[Stored items]

----

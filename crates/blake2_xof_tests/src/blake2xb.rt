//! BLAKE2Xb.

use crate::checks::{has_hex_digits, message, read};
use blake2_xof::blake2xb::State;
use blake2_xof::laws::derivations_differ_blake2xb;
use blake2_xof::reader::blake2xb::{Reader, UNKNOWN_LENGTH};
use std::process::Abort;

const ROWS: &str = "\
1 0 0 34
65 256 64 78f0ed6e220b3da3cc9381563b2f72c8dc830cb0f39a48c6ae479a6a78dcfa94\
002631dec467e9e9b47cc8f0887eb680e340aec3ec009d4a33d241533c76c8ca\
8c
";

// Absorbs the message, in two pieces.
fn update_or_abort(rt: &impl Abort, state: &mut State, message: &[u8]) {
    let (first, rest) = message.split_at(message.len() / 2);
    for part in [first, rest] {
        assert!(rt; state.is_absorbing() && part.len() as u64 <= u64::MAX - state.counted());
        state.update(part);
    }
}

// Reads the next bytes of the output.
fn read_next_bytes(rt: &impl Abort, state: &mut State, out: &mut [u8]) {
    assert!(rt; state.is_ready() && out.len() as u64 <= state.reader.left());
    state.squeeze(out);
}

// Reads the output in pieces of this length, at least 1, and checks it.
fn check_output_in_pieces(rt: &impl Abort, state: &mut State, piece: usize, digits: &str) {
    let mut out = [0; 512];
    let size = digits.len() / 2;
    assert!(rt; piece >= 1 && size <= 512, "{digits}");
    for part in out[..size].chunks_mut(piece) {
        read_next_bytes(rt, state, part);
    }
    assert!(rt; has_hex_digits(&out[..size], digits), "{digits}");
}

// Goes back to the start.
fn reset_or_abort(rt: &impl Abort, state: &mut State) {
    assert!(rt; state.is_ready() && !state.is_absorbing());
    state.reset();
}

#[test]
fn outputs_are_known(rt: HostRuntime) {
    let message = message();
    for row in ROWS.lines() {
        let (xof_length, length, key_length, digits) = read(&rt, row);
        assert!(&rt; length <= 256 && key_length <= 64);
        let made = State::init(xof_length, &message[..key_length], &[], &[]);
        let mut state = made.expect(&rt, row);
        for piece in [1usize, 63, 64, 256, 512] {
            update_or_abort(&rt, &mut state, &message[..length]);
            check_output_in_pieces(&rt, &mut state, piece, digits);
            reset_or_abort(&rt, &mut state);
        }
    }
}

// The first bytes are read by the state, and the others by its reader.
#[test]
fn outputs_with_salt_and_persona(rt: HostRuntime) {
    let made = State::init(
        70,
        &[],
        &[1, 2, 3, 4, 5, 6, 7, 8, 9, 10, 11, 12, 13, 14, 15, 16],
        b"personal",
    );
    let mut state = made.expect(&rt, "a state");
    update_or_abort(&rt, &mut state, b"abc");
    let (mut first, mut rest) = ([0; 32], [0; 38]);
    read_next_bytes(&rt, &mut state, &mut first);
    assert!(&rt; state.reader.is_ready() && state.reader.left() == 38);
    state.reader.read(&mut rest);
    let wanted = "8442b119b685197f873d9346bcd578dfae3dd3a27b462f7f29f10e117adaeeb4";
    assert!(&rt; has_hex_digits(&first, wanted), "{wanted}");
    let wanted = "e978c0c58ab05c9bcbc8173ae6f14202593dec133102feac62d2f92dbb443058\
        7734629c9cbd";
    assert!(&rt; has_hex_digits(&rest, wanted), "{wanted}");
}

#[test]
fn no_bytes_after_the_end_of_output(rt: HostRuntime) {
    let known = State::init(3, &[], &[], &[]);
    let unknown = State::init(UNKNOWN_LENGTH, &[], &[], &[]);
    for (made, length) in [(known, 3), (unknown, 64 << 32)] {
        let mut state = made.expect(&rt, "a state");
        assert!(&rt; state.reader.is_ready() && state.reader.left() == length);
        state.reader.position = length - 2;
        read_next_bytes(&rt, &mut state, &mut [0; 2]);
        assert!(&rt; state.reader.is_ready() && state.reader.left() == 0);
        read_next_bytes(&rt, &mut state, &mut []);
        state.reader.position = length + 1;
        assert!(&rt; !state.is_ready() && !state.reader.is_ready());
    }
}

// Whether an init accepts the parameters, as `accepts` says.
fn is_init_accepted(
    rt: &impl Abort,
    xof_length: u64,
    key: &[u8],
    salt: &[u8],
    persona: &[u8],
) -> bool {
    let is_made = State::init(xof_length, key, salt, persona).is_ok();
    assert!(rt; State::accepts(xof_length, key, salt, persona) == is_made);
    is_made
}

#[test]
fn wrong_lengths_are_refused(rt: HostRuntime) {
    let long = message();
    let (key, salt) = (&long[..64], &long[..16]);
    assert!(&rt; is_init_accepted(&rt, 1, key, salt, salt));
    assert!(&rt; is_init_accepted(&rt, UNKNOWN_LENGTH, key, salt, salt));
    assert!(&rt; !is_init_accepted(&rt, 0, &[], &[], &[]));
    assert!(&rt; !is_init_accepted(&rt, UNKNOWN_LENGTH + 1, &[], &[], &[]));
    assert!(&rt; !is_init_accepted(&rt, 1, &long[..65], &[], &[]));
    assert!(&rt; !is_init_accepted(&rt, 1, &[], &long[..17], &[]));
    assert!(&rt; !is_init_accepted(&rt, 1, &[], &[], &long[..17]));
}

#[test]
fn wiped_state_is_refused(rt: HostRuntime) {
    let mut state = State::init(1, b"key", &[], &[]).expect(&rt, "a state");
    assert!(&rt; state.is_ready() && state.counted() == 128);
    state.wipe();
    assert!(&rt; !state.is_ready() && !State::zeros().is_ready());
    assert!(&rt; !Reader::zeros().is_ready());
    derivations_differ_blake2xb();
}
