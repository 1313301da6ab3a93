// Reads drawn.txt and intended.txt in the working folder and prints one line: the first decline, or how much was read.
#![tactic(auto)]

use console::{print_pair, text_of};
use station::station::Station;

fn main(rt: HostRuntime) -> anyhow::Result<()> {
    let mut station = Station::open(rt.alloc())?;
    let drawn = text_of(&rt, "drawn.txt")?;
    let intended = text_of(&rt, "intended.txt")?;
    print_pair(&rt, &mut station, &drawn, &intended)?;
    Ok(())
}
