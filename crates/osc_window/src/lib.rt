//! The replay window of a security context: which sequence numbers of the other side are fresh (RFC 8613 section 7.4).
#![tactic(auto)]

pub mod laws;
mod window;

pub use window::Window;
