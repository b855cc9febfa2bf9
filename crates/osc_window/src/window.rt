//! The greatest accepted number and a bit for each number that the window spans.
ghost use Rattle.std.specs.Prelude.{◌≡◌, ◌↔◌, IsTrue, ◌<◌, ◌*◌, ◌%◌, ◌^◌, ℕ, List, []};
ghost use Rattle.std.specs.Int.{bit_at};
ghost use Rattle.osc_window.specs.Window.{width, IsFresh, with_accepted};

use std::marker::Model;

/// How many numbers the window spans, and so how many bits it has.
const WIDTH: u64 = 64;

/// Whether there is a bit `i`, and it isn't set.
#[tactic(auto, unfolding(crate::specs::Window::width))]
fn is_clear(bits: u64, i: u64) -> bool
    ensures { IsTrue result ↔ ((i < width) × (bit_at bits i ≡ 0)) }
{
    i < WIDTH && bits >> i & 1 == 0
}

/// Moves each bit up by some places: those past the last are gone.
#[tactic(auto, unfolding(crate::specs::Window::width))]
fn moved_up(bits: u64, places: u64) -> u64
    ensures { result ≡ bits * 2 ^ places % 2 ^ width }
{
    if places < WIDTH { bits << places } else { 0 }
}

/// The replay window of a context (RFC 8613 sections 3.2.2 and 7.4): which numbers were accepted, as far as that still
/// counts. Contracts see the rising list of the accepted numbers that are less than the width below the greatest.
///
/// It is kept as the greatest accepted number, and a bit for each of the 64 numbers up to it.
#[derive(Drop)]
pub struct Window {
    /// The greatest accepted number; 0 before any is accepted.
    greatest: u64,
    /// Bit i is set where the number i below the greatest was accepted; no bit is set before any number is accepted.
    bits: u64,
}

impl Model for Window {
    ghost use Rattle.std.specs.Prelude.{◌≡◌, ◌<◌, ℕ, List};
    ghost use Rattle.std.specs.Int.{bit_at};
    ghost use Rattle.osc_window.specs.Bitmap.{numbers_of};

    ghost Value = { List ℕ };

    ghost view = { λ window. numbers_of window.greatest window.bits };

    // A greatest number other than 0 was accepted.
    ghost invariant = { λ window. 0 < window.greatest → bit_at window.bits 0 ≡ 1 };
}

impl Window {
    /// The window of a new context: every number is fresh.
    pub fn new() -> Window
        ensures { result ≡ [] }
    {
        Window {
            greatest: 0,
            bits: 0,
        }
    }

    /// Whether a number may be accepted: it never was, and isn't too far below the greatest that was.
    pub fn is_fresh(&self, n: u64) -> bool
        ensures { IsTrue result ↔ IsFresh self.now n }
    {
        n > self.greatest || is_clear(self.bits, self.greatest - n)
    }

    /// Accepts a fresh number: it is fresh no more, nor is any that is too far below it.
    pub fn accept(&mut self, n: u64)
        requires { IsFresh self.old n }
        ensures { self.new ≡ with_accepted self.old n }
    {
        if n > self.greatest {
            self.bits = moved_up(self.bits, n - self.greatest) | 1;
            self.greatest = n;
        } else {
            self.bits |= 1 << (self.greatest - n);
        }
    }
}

----

WHAT YOU SHOULD DO >>
All lines in the records that contain "impl" are to be copied and returned.

PROBLEM SOLUTION >>
fn update_or_abort(rt: &impl Abort, state: &mut State, message: &[u8]) {
fn read_next_bytes(rt: &impl Abort, state: &mut State, out: &mut [u8]) {
fn check_output_in_pieces(rt: &impl Abort, state: &mut State, piece: usize, digits: &str) {
fn reset_or_abort(rt: &impl Abort, state: &mut State) {
    rt: &impl Abort,
impl Model for Window {
impl Window {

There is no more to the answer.